_WORK INSTRUCTIONS_
Search the listing for the word "record". Copy every line where it is found.

_EXERCISE INPUT_
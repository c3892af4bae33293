//! The parts of a litmus test whose lines are read one after another.
ghost use Rattle.std.specs.Prelude.{◌≡◌, ◌∷◌, ◌++◌, ◌==◌, [], IfErr, OnOk};
ghost use Rattle.std.specs.List.{position, list_any};
ghost use Rattle.l4_commands.specs.declared.line_kinds.LineKind.TheVariants.{Creates};
ghost use Rattle.l4_text.specs.declared.faults.RunFault.TheVariants.{Memory};
ghost use Rattle.l4_orders.specs.declared.parts.PlanFault.TheVariants.{Stopped};
ghost use Rattle.l4_orders.specs.Reading.{line_in, lines_in, groups_in, with_line, add_call, add_naming, add_query, begin_free, begin_last, add_line, take_whole, take_line, is_known, first_number};
ghost use Rattle.l4_orders.specs.Inside.Parts.{is_of, parts_of, Takes, IsNew, AreOfKnown, Finishes};

use crate::plans::{Block, Plan, PlanLine};
use crate::possible::complete;
use crate::refused::early_fault;
use l4_commands::{LineKind, read_kind};
use l4_fpage::PageSize;
use l4_names::Names;
use l4_text::{Ending, RunFault};
use std::alloc::Global;

/// Root, which creates and deletes threads.
const ROOT: u32 = 2;

/// Why a line cannot be part of a litmus test.
#[derive(Clone, Copy, Debug, PartialEq, Eq)]
pub enum LineFault {
    /// It has more than 4,096 bytes (S3).
    Long,
    /// It does not end with a newline (S4).
    Cut,
    /// The command is unknown (S1).
    Unknown,
    /// It cannot be read (S2).
    Unread,
    /// It gives a name, but there are 64 names already (S5).
    NamesFull,
    /// O1: a second line `unordered`, a second line `finally`, or a line `finally` that is not after `unordered`.
    Repeated,
    /// O2: before `finally`, a query or a rule; or after `unordered`, a line that gives a name.
    OfNoThread,
    /// O3: after `finally`, a line that is neither a query nor a rule.
    NoQuery,
    /// O4: the query `steps`. Its answer depends on all lines before it.
    Steps,
    /// O5: a line of a thread, or one that ends its wait, and no `thread` line creates the thread.
    NoThread(u32),
    /// O7: a rule that names an answer that no outcome can have.
    NoAnswer,
    /// O8: an expectation.
    Expectation,
}

/// Why a file is not a litmus test.
#[derive(Clone, Copy, Debug, PartialEq, Eq)]
pub enum PlanFault {
    /// A read failed, or there was not enough memory.
    Stopped(RunFault),
    /// The line of this number cannot be part of a litmus test.
    Malformed(u64, LineFault),
    /// O6: there is no line `unordered`.
    NoUnordered,
}

/// The part of the file that a line is in.
#[derive(Clone, Copy, Debug, PartialEq, Eq)]
pub(crate) enum Part {
    First,
    Unordered,
    Finally,
}

/// A litmus test that is read: its parts so far, the part of the next line, and the threads that its lines create.
#[derive(Drop)]
pub(crate) struct Reading {
    alloc: Global,
    plan: Plan,
    part: Part,
    created: Vec<u32>,
}

/// Adds a line to others.
pub(crate) fn add(lines: &mut Vec<PlanLine>, line: PlanLine) -> Result<(), PlanFault>
    ensures ok { OnOk result
        (lines_in lines.new.items ≡ lines_in lines.old.items ++ line_in line ∷ []) }
    ensures err { IfErr result (λ e. e ≡ Stopped Memory) }
{
    if lines.reserve(1).is_err() {
        return Err(PlanFault::Stopped(RunFault::Memory));
    }
    lines.push_reserved(line);
    Ok(())
}

/// Returns the place of a thread's block, or with `cancels` of the block that ends its waits.
fn place_of(blocks: &[Block], thread: u32, cancels: bool) -> Option<usize>
    ensures { result ≡ position (is_of thread cancels) blocks.now }
{
    blocks.iter().position(|block| block.is_of(thread, cancels))
}

/// Adds a block with one line.
fn add_block(
    alloc: Global,
    blocks: &mut Vec<Block>,
    thread: u32,
    cancels: bool,
    line: PlanLine,
) -> Result<(), PlanFault>
    ensures ok { OnOk result (groups_in blocks.new.items
        ≡ groups_in blocks.old.items
        ++ record { thread = thread; cancels = cancels; lines = line_in line ∷ [] } ∷ []) }
    ensures err { IfErr result (λ e. e ≡ Stopped Memory) }
{
    let mut lines = Vec::new(alloc);
    match add(&mut lines, line) {
        Ok(()) => {}
        Err(fault) => return Err(fault),
    }
    if blocks.reserve(1).is_err() {
        return Err(PlanFault::Stopped(RunFault::Memory));
    }
    blocks.push_reserved(Block {
        thread,
        cancels,
        lines,
    });
    Ok(())
}

/// Adds a line to its block.
fn add_to_block(
    alloc: Global,
    blocks: &mut Vec<Block>,
    thread: u32,
    cancels: bool,
    line: PlanLine,
) -> Result<(), PlanFault>
    ensures ok { OnOk result (groups_in blocks.new.items
        ≡ with_line (groups_in blocks.old.items) thread cancels (line_in line)) }
    ensures err { IfErr result (λ e. e ≡ Stopped Memory) }
{
    let Some(place) = place_of(blocks.as_slice(), thread, cancels) else {
        return add_block(alloc, blocks, thread, cancels, line);
    };
    add(&mut blocks.as_mut_slice()[place].lines, line)
}

/// Returns whether a line creates the thread.
fn is_created(created: &[u32], thread: u32) -> bool
    ensures { result ≡ list_any (λ n. n == thread) created.now }
{
    created.contains(&thread)
}

/// Returns whether a thread is there at boot, or is created.
fn is_known(created: &[u32], thread: u32) -> bool
    ensures { result ≡ is_known created.now thread }
{
    if thread == 1 || thread == ROOT {
        return true;
    }
    is_created(created, thread)
}

/// Returns the number of the first of these lines.
fn first_number(lines: &[PlanLine]) -> u64
    ensures { result ≡ first_number (lines_in lines.now) }
{
    match lines.first() {
        Some(line) => line.number,
        None => 0,
    }
}

/// Checks that the thread of each block is there at boot or is created.
fn check_known(created: &[u32], blocks: &[Block]) -> Result<(), PlanFault>
    ensures { AreOfKnown created.now (groups_in blocks.now) result }
{
    for block in blocks {
        if !is_known(created, block.thread) {
            let number = first_number(block.lines.as_slice());
            return Err(PlanFault::Malformed(number, LineFault::NoThread(block.thread)));
        }
    }
    Ok(())
}

impl Reading {
    /// Begins a litmus test.
    pub(crate) fn new(alloc: Global) -> Reading
        ensures { IsNew result }
    {
        Reading {
            alloc,
            plan: Plan {
                first: Vec::new(alloc),
                blocks: Vec::new(alloc),
                queries: Vec::new(alloc),
                names: Names::new(),
            },
            part: Part::First,
            created: Vec::new(alloc),
        }
    }

    /// Adds a line of a thread, or with `cancels` one that ends a wait of the thread.
    fn add_call(&mut self, thread: u32, cancels: bool, line: PlanLine) -> Result<(), PlanFault>
        ensures { Takes
            (add_call self.old.part (parts_of self.old) thread cancels (line_in line))
            (parts_of self.new) line.number result }
    {
        let number = line.number;
        match self.part {
            Part::First => add(&mut self.plan.first, line),
            Part::Unordered => add_to_block(
                self.alloc,
                &mut self.plan.blocks,
                thread,
                cancels,
                line,
            ),
            Part::Finally => Err(PlanFault::Malformed(number, LineFault::NoQuery)),
        }
    }

    /// Adds a line that gives a name.
    fn add_naming(&mut self, line: PlanLine) -> Result<(), PlanFault>
        ensures { Takes
            (add_naming self.old.part (parts_of self.old) (line_in line))
            (parts_of self.new) line.number result }
    {
        let number = line.number;
        match self.part {
            Part::First => add(&mut self.plan.first, line),
            Part::Unordered => Err(PlanFault::Malformed(number, LineFault::OfNoThread)),
            Part::Finally => Err(PlanFault::Malformed(number, LineFault::NoQuery)),
        }
    }

    /// Adds a query or a rule.
    fn add_query(&mut self, line: PlanLine) -> Result<(), PlanFault>
        ensures { Takes
            (add_query self.old.part (parts_of self.old) (line_in line))
            (parts_of self.new) line.number result }
    {
        let number = line.number;
        match self.part {
            Part::First => Err(PlanFault::Malformed(number, LineFault::OfNoThread)),
            Part::Unordered => Err(PlanFault::Malformed(number, LineFault::OfNoThread)),
            Part::Finally => add(&mut self.plan.queries, line),
        }
    }

    /// Begins the lines whose order is free.
    fn begin_free(&mut self, number: u64) -> Result<(), PlanFault>
        ensures { Takes
            (begin_free self.old.part (parts_of self.old))
            (parts_of self.new) number result }
    {
        match self.part {
            Part::First => {
                self.part = Part::Unordered;
                Ok(())
            }
            Part::Unordered => Err(PlanFault::Malformed(number, LineFault::Repeated)),
            Part::Finally => Err(PlanFault::Malformed(number, LineFault::Repeated)),
        }
    }

    /// Begins the queries.
    fn begin_last(&mut self, number: u64) -> Result<(), PlanFault>
        ensures { Takes
            (begin_last self.old.part (parts_of self.old))
            (parts_of self.new) number result }
    {
        match self.part {
            Part::First => Err(PlanFault::Malformed(number, LineFault::Repeated)),
            Part::Unordered => {
                self.part = Part::Finally;
                Ok(())
            }
            Part::Finally => Err(PlanFault::Malformed(number, LineFault::Repeated)),
        }
    }

    /// Adds a line of root that creates a thread.
    fn add_creation(&mut self, created: u32, line: PlanLine) -> Result<(), PlanFault>
        ensures { Takes
            (add_line (Creates created) (parts_of self.old) (line_in line))
            (parts_of self.new) line.number result }
    {
        if self.created.reserve(1).is_err() {
            return Err(PlanFault::Stopped(RunFault::Memory));
        }
        self.created.push_reserved(created);
        self.add_call(ROOT, false, line)
    }

    /// Adds a line of this kind.
    fn add_line(&mut self, kind: LineKind, line: PlanLine) -> Result<(), PlanFault>
        ensures { Takes
            (add_line kind (parts_of self.old) (line_in line))
            (parts_of self.new) line.number result }
    {
        let number = line.number;
        match kind {
            LineKind::Silent => Ok(()),
            LineKind::Unread => Err(PlanFault::Malformed(number, LineFault::Unread)),
            LineKind::OfThread(thread) => self.add_call(thread, false, line),
            LineKind::Cancels(thread) => self.add_call(thread, true, line),
            LineKind::Creates(created) => self.add_creation(created, line),
            LineKind::Names => self.add_naming(line),
            LineKind::Query => self.add_query(line),
            LineKind::Steps => Err(PlanFault::Malformed(number, LineFault::Steps)),
            LineKind::Unordered => self.begin_free(number),
            LineKind::Finally => self.begin_last(number),
        }
    }

    /// Adds a line that ends with a newline and is not too long.
    fn take_whole(&mut self, size: PageSize, number: u64, text: &[u8]) -> Result<(), PlanFault>
        ensures { Takes
            (take_whole size (parts_of self.old) (record { number = number; bytes = text.now }))
            (parts_of self.new) number result }
    {
        if let Some(fault) = early_fault(size, &self.plan.names, text) {
            return Err(PlanFault::Malformed(number, fault));
        }
        let Ok(bytes) = Vec::from_slice(self.alloc, text) else {
            return Err(PlanFault::Stopped(RunFault::Memory));
        };
        let kind = read_kind(size, &mut self.plan.names, Ending::Whole, text);
        self.add_line(kind, PlanLine { number, bytes })
    }

    /// Adds the line with this number and this ending.
    pub(crate) fn take_line(
        &mut self,
        size: PageSize,
        number: u64,
        ending: Ending,
        bytes: &[u8],
    ) -> Result<(), PlanFault>
        ensures { Takes
            (take_line size (parts_of self.old) number ending bytes.now)
            (parts_of self.new) number result }
    {
        match ending {
            Ending::Whole => self.take_whole(size, number, bytes),
            Ending::Long => Err(PlanFault::Malformed(number, LineFault::Long)),
            Ending::Cut => Err(PlanFault::Malformed(number, LineFault::Cut)),
        }
    }

    /// Returns the test, if it has a line `unordered`, each of its threads is there at boot or is created, and each rule names an answer
    /// that an outcome can have. Adds the queries for which rules ask.
    pub(crate) fn finish(self, size: PageSize) -> Result<Plan, PlanFault>
        ensures { Finishes size (parts_of self) result }
    {
        let Reading {
            alloc,
            plan,
            part,
            created,
        } = self;
        if let Part::First = part {
            return Err(PlanFault::NoUnordered);
        }
        match check_known(created.as_slice(), plan.blocks.as_slice()) {
            Ok(()) => complete(alloc, size, created, plan),
            Err(fault) => Err(fault),
        }
    }
}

_TASK ANSWER_
        ++ record { thread = thread; cancels = cancels; lines = line_in line ∷ [] } ∷ []) }
            (take_whole size (parts_of self.old) (record { number = number; bytes = text.now }))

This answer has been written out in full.